# [Task instructions]
Could you retype every entry below exactly as written?
<<<<
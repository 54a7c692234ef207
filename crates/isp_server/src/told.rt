//! What is answered to a request on a place of a document.
ghost use Rattle.std.specs.Prelude.{◌≡◌, ◌≤◌, [], IfOk, length, map, option_and_then, option_map, string_bytes};
ghost use Rattle.serde_json.specs.Data.{null};
ghost use Rattle.serde_json.specs.View.{items_view, view};
ghost use Rattle.isp_typed.specs.Views.{program_of};
ghost use Rattle.isp_positions.specs.Positions.{offset_of};
ghost use Rattle.isp_known.specs.Places.{declaration_of, places_of, subject_at, word_of};
ghost use Rattle.isp_known.specs.Shown.{Shows};
ghost use Rattle.isp_known.specs.reader.Views.{shown_view};
ghost use Rattle.isp_server.specs.Told.{Tells, TextTells, Told, definition, hover, items_of, location, references, subject_of};
ghost use Rattle.isp_server.specs.reader.Views.{place_view};

use crate::deed::Place;
use crate::diagnostics::range;
use crate::question::Question;
use isp_base::{Gang, Span};
use isp_known::{Note, Shown, Subject, declaration, mentions, shown_at, subject_at, word_around};
use isp_lex::SourceFault;
use isp_names::{Known, known_text};
use isp_positions::{Position, offset_of};
use isp_typed::Program;
use serde_json::{Value, json};
use std::alloc::{AllocError, Global};

/// The answer to a question on a place, where its document has this text, if it is open.
pub(crate) fn told(
    alloc: Global,
    gang: Gang,
    text: Option<&str>,
    question: Question,
    at: Place<'_>,
) -> Result<Value, AllocError>
    ensures { IfOk result (λ v. Told gang (option_map (λ t. t.now) text.entry) (place_view at.entry) question (view v)) }
{
    match text {
        Some(text) => of_text(alloc, gang, text, question, at),
        None => Ok(Value::Null),
    }
}

// The answer where nothing is known.
fn nothing() -> Value
    ensures { view result ≡ null }
{
    Value::Null
}

fn of_text(
    alloc: Global,
    gang: Gang,
    text: &str,
    question: Question,
    at: Place<'_>,
) -> Result<Value, AllocError>
    ensures { IfOk result (λ v. TextTells gang text.now (place_view at.entry) question (view v)) }
{
    match known_text(alloc, gang, text) {
        Ok(known) => of_program(alloc, &known, text, question, at),
        Err(SourceFault::Memory) => Err(AllocError),
        Err(SourceFault::Refused(_fault)) => Ok(nothing()),
    }
}

/// The byte at a place of a text.
pub(crate) fn byte_of(text: &str, at: Place<'_>) -> usize
    ensures is { result ≡ offset_of text.now at.entry.line at.entry.character }
    ensures bound { result ≤ length text.now }
{
    let position = Position {
        line: at.line,
        character: at.character,
    };
    offset_of(text.as_bytes(), position)
}

fn of_program(
    alloc: Global,
    known: &Known,
    text: &str,
    question: Question,
    at: Place<'_>,
) -> Result<Value, AllocError>
    ensures { IfOk result (λ v. Tells (program_of known.now.program) known.now.notes.items at.entry.uri.now text.now (offset_of text.now at.entry.line at.entry.character) question (view v)) }
{
    let byte = byte_of(text, at);
    let notes = known.notes.as_slice();
    match question {
        Question::Hover => hovered(alloc, known.program.program(), notes, text, byte),
        Question::Definition => defined(alloc, notes, text, at.uri, byte),
        Question::References { declared } => referred(alloc, notes, text, at.uri, byte, declared),
    }
}

fn hovered(
    alloc: Global,
    program: &Program,
    notes: &[Note],
    text: &str,
    byte: usize,
) -> Result<Value, AllocError>
    requires { byte ≤ length text.now }
    ensures { IfOk result (λ v. Tells (program_of program.now) notes.now [] text.now byte Question.Hover (view v)) }
{
    let shown = shown_at(alloc, program, notes, text.as_bytes(), byte)?;
    hover(alloc, text, &shown)
}

fn hover(alloc: Global, text: &str, shown: &Option<Shown>) -> Result<Value, AllocError>
    ensures { IfOk result (λ v. view v ≡ hover text.now (option_map shown_view shown.now)) }
{
    match shown {
        Some(shown) => contents(alloc, text, shown.span, shown.text.as_str()),
        None => Ok(Value::Null),
    }
}

fn contents(alloc: Global, text: &str, span: Span, shown: &str) -> Result<Value, AllocError>
    ensures { IfOk result (λ v. view v ≡ hover text.now (Some (span, shown.now))) }
{
    let range = range(alloc, text, span)?;
    let contents = json!(in alloc; {"kind": "plaintext", "value": shown})?;
    json!(in alloc; {"contents": contents, "range": range})
}

// What the name around a byte stands for.
fn subject_of(notes: &[Note], text: &str, byte: usize) -> Option<Subject>
    requires { byte ≤ length text.now }
    ensures { result ≡ subject_at (word_of text.now byte).start notes.now }
{
    let word = word_around(text.as_bytes(), byte);
    subject_at(notes, word.start)
}

// The name that begins at a byte, as a location.
fn location(alloc: Global, uri: &str, text: &str, start: usize) -> Result<Value, AllocError>
    ensures { IfOk result (λ v. view v ≡ location uri.now text.now start) }
{
    let name = word_around(text.as_bytes(), start.min(text.len()));
    let range = range(alloc, text, name)?;
    json!(in alloc; {"uri": uri, "range": range})
}

fn defined(
    alloc: Global,
    notes: &[Note],
    text: &str,
    uri: &str,
    byte: usize,
) -> Result<Value, AllocError>
    requires { byte ≤ length text.now }
    ensures { IfOk result (λ v. view v ≡ definition uri.now text.now (option_and_then (λ x. declaration_of x notes.now) (subject_at (word_of text.now byte).start notes.now))) }
{
    match subject_of(notes, text, byte) {
        Some(subject) => declared(alloc, uri, text, declaration(notes, subject)),
        None => Ok(Value::Null),
    }
}

fn declared(alloc: Global, uri: &str, text: &str, start: Option<usize>) -> Result<Value, AllocError>
    ensures { IfOk result (λ v. view v ≡ definition uri.now text.now start) }
{
    match start {
        Some(start) => location(alloc, uri, text, start),
        None => Ok(Value::Null),
    }
}

#[tactic(auto, using(crate::proofs::Items::items_are))]
fn referred(
    alloc: Global,
    notes: &[Note],
    text: &str,
    uri: &str,
    byte: usize,
    declared: bool,
) -> Result<Value, AllocError>
    requires { byte ≤ length text.now }
    ensures { IfOk result (λ v. view v ≡ references uri.now text.now (option_map (λ x. places_of declared x notes.now) (subject_at (word_of text.now byte).start notes.now))) }
{
    match subject_of(notes, text, byte) {
        Some(subject) => {
            let places = mentions(alloc, notes, subject, declared)?;
            let found = locations(alloc, uri, text, &places)?;
            Ok(Value::Array(found))
        }
        None => Ok(Value::Null),
    }
}

// The names that begin at some bytes, as locations.
fn locations(
    alloc: Global,
    uri: &str,
    text: &str,
    starts: &[usize],
) -> Result<Vec<Value>, AllocError>
    ensures { IfOk result (λ found. map view found.items ≡ map (location uri.now text.now) starts.now) }
{
    let mut found = Vec::new(alloc);
    for start in starts {
        found.push(location(alloc, uri, text, *start)?)?;
    }
    Ok(found)
}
>>>>
# [Answer section]
repository 54a7c692234ef207
filename crates/isp_server/src/told.rt
//! What is answered to a request on a place of a document.
ghost use Rattle.std.specs.Prelude.{◌≡◌, ◌≤◌, [], IfOk, length, map, option_and_then, option_map, string_bytes};
ghost use Rattle.serde_json.specs.Data.{null};
ghost use Rattle.serde_json.specs.View.{items_view, view};
ghost use Rattle.isp_typed.specs.Views.{program_of};
ghost use Rattle.isp_positions.specs.Positions.{offset_of};
ghost use Rattle.isp_known.specs.Places.{declaration_of, places_of, subject_at, word_of};
ghost use Rattle.isp_known.specs.Shown.{Shows};
ghost use Rattle.isp_known.specs.reader.Views.{shown_view};
ghost use Rattle.isp_server.specs.Told.{Tells, TextTells, Told, definition, hover, items_of, location, references, subject_of};
ghost use Rattle.isp_server.specs.reader.Views.{place_view};

use crate::deed::Place;
use crate::diagnostics::range;
use crate::question::Question;
use isp_base::{Gang, Span};
use isp_known::{Note, Shown, Subject, declaration, mentions, shown_at, subject_at, word_around};
use isp_lex::SourceFault;
use isp_names::{Known, known_text};
use isp_positions::{Position, offset_of};
use isp_typed::Program;
use serde_json::{Value, json};
use std::alloc::{AllocError, Global};

/// The answer to a question on a place, where its document has this text, if it is open.
pub(crate) fn told(
    alloc: Global,
    gang: Gang,
    text: Option<&str>,
    question: Question,
    at: Place<'_>,
) -> Result<Value, AllocError>
    ensures { IfOk result (λ v. Told gang (option_map (λ t. t.now) text.entry) (place_view at.entry) question (view v)) }
{
    match text {
        Some(text) => of_text(alloc, gang, text, question, at),
        None => Ok(Value::Null),
    }
}

// The answer where nothing is known.
fn nothing() -> Value
    ensures { view result ≡ null }
{
    Value::Null
}

fn of_text(
    alloc: Global,
    gang: Gang,
    text: &str,
    question: Question,
    at: Place<'_>,
) -> Result<Value, AllocError>
    ensures { IfOk result (λ v. TextTells gang text.now (place_view at.entry) question (view v)) }
{
    match known_text(alloc, gang, text) {
        Ok(known) => of_program(alloc, &known, text, question, at),
        Err(SourceFault::Memory) => Err(AllocError),
        Err(SourceFault::Refused(_fault)) => Ok(nothing()),
    }
}

/// The byte at a place of a text.
pub(crate) fn byte_of(text: &str, at: Place<'_>) -> usize
    ensures is { result ≡ offset_of text.now at.entry.line at.entry.character }
    ensures bound { result ≤ length text.now }
{
    let position = Position {
        line: at.line,
        character: at.character,
    };
    offset_of(text.as_bytes(), position)
}

fn of_program(
    alloc: Global,
    known: &Known,
    text: &str,
    question: Question,
    at: Place<'_>,
) -> Result<Value, AllocError>
    ensures { IfOk result (λ v. Tells (program_of known.now.program) known.now.notes.items at.entry.uri.now text.now (offset_of text.now at.entry.line at.entry.character) question (view v)) }
{
    let byte = byte_of(text, at);
    let notes = known.notes.as_slice();
    match question {
        Question::Hover => hovered(alloc, known.program.program(), notes, text, byte),
        Question::Definition => defined(alloc, notes, text, at.uri, byte),
        Question::References { declared } => referred(alloc, notes, text, at.uri, byte, declared),
    }
}

fn hovered(
    alloc: Global,
    program: &Program,
    notes: &[Note],
    text: &str,
    byte: usize,
) -> Result<Value, AllocError>
    requires { byte ≤ length text.now }
    ensures { IfOk result (λ v. Tells (program_of program.now) notes.now [] text.now byte Question.Hover (view v)) }
{
    let shown = shown_at(alloc, program, notes, text.as_bytes(), byte)?;
    hover(alloc, text, &shown)
}

fn hover(alloc: Global, text: &str, shown: &Option<Shown>) -> Result<Value, AllocError>
    ensures { IfOk result (λ v. view v ≡ hover text.now (option_map shown_view shown.now)) }
{
    match shown {
        Some(shown) => contents(alloc, text, shown.span, shown.text.as_str()),
        None => Ok(Value::Null),
    }
}

fn contents(alloc: Global, text: &str, span: Span, shown: &str) -> Result<Value, AllocError>
    ensures { IfOk result (λ v. view v ≡ hover text.now (Some (span, shown.now))) }
{
    let range = range(alloc, text, span)?;
    let contents = json!(in alloc; {"kind": "plaintext", "value": shown})?;
    json!(in alloc; {"contents": contents, "range": range})
}

// What the name around a byte stands for.
fn subject_of(notes: &[Note], text: &str, byte: usize) -> Option<Subject>
    requires { byte ≤ length text.now }
    ensures { result ≡ subject_at (word_of text.now byte).start notes.now }
{
    let word = word_around(text.as_bytes(), byte);
    subject_at(notes, word.start)
}

// The name that begins at a byte, as a location.
fn location(alloc: Global, uri: &str, text: &str, start: usize) -> Result<Value, AllocError>
    ensures { IfOk result (λ v. view v ≡ location uri.now text.now start) }
{
    let name = word_around(text.as_bytes(), start.min(text.len()));
    let range = range(alloc, text, name)?;
    json!(in alloc; {"uri": uri, "range": range})
}

fn defined(
    alloc: Global,
    notes: &[Note],
    text: &str,
    uri: &str,
    byte: usize,
) -> Result<Value, AllocError>
    requires { byte ≤ length text.now }
    ensures { IfOk result (λ v. view v ≡ definition uri.now text.now (option_and_then (λ x. declaration_of x notes.now) (subject_at (word_of text.now byte).start notes.now))) }
{
    match subject_of(notes, text, byte) {
        Some(subject) => declared(alloc, uri, text, declaration(notes, subject)),
        None => Ok(Value::Null),
    }
}

fn declared(alloc: Global, uri: &str, text: &str, start: Option<usize>) -> Result<Value, AllocError>
    ensures { IfOk result (λ v. view v ≡ definition uri.now text.now start) }
{
    match start {
        Some(start) => location(alloc, uri, text, start),
        None => Ok(Value::Null),
    }
}

#[tactic(auto, using(crate::proofs::Items::items_are))]
fn referred(
    alloc: Global,
    notes: &[Note],
    text: &str,
    uri: &str,
    byte: usize,
    declared: bool,
) -> Result<Value, AllocError>
    requires { byte ≤ length text.now }
    ensures { IfOk result (λ v. view v ≡ references uri.now text.now (option_map (λ x. places_of declared x notes.now) (subject_at (word_of text.now byte).start notes.now))) }
{
    match subject_of(notes, text, byte) {
        Some(subject) => {
            let places = mentions(alloc, notes, subject, declared)?;
            let found = locations(alloc, uri, text, &places)?;
            Ok(Value::Array(found))
        }
        None => Ok(Value::Null),
    }
}

// The names that begin at some bytes, as locations.
fn locations(
    alloc: Global,
    uri: &str,
    text: &str,
    starts: &[usize],
) -> Result<Vec<Value>, AllocError>
    ensures { IfOk result (λ found. map view found.items ≡ map (location uri.now text.now) starts.now) }
{
    let mut found = Vec::new(alloc);
    for start in starts {
        found.push(location(alloc, uri, text, *start)?)?;
    }
    Ok(found)
}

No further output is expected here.